(Items listed in a dataset)
________________
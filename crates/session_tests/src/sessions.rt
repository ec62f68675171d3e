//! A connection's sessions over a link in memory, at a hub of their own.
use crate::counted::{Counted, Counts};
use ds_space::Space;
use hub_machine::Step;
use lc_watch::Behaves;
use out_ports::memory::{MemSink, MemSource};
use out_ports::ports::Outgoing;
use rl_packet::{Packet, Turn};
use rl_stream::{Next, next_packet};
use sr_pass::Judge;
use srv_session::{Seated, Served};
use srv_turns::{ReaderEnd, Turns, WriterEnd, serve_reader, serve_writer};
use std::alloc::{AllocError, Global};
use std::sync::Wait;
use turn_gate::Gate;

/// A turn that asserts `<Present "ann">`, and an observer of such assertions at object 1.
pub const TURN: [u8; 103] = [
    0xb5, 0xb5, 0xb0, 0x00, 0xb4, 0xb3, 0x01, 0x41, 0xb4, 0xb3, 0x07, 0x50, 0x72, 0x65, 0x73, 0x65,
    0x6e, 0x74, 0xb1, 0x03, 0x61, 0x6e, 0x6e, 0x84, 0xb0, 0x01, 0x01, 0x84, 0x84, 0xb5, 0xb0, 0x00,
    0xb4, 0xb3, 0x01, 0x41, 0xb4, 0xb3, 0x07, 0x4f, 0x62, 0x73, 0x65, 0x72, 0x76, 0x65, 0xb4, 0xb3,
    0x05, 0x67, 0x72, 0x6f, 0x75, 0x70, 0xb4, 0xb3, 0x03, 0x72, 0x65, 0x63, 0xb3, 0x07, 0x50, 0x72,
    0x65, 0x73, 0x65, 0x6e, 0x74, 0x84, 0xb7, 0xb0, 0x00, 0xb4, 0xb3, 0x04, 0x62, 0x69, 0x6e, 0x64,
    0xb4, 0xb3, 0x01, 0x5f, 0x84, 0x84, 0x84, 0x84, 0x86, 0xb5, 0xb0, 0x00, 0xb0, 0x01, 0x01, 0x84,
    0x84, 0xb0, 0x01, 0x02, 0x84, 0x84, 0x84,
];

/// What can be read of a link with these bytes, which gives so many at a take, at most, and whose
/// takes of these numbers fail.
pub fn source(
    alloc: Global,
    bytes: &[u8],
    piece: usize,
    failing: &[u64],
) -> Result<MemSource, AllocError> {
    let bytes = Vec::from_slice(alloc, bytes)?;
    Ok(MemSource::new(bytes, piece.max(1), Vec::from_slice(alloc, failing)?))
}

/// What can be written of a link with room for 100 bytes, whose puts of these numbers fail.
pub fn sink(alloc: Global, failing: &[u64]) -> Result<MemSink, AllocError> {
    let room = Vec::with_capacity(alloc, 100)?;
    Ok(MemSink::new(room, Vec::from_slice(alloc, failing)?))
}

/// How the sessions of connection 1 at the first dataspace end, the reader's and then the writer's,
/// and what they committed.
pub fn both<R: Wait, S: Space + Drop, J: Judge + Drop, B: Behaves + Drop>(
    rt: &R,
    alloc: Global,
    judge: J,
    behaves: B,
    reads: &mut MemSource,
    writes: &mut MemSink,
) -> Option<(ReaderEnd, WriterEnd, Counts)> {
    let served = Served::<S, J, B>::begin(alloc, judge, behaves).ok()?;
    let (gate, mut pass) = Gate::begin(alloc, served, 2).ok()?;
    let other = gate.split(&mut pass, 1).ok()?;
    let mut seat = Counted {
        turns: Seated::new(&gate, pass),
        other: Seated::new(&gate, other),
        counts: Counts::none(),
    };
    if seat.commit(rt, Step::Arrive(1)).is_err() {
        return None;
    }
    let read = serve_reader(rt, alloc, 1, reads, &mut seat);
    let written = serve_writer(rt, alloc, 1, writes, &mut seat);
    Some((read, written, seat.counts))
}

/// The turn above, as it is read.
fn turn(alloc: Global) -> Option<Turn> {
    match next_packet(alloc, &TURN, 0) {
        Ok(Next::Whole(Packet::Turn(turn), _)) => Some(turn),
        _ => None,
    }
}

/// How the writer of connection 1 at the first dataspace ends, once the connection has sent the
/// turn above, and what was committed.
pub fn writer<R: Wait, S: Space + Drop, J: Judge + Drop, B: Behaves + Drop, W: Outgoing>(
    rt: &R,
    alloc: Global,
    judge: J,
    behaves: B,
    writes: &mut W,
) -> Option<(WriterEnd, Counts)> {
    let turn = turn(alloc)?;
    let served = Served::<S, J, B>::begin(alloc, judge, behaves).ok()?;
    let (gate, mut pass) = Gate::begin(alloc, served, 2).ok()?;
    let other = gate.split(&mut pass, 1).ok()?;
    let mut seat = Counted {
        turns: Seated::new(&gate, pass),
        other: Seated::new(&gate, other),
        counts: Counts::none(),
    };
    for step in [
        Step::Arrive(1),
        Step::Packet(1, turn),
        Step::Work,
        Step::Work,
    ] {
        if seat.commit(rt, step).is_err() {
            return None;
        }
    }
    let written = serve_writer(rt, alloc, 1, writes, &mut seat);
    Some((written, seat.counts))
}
________________
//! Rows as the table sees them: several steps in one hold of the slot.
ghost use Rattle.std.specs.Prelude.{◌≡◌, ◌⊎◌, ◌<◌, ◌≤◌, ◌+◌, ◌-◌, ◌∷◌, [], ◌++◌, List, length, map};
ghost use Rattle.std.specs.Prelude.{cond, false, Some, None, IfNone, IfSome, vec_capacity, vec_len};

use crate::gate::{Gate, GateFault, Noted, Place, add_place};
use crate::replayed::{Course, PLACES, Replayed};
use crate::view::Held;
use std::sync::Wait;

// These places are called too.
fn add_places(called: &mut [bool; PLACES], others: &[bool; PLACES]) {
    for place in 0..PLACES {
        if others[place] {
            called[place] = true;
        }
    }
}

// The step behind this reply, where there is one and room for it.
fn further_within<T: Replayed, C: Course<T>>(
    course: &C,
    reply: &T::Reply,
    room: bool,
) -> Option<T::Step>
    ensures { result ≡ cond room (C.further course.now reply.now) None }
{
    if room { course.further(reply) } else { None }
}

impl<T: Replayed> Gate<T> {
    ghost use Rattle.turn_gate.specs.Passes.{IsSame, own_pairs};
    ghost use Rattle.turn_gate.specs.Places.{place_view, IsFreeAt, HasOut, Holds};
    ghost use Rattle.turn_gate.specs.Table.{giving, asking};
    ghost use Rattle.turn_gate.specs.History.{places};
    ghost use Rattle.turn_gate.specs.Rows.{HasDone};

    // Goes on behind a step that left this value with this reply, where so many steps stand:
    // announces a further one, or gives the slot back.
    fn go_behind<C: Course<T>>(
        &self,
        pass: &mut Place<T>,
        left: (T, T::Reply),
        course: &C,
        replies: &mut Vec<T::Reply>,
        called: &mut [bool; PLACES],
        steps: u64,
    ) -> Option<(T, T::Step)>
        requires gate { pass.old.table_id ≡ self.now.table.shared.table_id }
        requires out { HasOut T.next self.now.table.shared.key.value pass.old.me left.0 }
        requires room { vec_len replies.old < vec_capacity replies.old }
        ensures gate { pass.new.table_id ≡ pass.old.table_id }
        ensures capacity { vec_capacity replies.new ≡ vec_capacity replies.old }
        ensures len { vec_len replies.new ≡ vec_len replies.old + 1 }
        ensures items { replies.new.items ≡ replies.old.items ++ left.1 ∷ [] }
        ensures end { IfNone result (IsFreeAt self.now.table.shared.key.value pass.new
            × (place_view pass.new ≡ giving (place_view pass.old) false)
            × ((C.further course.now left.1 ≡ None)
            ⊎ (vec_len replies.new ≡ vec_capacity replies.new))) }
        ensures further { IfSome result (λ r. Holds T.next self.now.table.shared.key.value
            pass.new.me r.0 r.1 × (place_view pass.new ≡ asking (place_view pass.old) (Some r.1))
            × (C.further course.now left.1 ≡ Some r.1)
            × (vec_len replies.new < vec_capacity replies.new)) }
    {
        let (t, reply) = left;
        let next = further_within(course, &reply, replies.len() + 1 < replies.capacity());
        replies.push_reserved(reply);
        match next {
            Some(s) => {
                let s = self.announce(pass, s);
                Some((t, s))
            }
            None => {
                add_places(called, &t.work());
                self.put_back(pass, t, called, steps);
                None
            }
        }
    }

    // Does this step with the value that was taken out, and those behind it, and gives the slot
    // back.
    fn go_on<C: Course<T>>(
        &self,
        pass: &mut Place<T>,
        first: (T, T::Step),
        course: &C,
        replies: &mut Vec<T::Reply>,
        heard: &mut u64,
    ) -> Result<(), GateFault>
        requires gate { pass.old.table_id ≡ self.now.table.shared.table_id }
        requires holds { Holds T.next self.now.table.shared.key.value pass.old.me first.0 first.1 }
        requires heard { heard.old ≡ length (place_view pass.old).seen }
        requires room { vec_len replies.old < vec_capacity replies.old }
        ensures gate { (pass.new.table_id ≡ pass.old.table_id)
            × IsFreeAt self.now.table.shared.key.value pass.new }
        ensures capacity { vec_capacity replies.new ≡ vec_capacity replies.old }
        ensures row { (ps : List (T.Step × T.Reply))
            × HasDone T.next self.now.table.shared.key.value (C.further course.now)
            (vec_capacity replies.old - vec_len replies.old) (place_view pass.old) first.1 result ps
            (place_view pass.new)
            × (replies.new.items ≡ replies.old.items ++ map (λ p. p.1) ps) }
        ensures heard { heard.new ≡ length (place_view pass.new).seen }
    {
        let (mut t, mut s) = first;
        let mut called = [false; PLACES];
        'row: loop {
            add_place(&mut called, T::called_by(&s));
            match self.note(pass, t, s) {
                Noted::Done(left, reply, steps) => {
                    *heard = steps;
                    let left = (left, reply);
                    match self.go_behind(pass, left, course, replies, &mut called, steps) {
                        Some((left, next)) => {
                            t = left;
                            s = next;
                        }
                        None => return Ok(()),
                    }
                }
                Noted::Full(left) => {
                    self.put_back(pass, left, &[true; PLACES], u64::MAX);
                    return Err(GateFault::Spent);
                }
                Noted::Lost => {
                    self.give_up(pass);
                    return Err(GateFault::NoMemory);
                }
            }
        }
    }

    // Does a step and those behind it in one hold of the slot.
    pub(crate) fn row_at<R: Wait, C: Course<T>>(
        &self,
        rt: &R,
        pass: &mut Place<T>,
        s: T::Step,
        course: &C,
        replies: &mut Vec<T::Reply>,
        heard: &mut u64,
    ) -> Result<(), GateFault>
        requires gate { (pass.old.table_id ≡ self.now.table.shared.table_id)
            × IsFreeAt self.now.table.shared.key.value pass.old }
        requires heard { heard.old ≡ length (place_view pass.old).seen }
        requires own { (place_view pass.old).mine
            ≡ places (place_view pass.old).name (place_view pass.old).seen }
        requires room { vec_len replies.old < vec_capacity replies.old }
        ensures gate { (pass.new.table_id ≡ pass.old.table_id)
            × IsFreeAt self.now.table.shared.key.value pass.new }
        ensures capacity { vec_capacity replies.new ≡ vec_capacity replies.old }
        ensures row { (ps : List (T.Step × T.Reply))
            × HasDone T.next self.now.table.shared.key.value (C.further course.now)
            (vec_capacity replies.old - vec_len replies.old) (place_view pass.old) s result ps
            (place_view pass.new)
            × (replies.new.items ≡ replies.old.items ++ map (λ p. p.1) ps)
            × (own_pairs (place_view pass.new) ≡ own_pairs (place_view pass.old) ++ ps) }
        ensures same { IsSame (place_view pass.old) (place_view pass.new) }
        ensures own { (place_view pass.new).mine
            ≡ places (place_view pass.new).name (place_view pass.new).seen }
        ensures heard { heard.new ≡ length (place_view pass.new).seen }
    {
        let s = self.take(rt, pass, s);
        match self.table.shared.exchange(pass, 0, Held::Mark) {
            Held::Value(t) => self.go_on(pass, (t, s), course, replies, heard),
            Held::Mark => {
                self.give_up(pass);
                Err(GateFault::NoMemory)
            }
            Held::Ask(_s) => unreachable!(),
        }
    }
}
________________
* _EXERCISE DETAILS_
For every line above with the word "gives" in it, make a copy.

* _ANSWER SECTION_
/// What can be read of a link with these bytes, which gives so many at a take, at most, and whose
    // announces a further one, or gives the slot back.
    // Does this step with the value that was taken out, and those behind it, and gives the slot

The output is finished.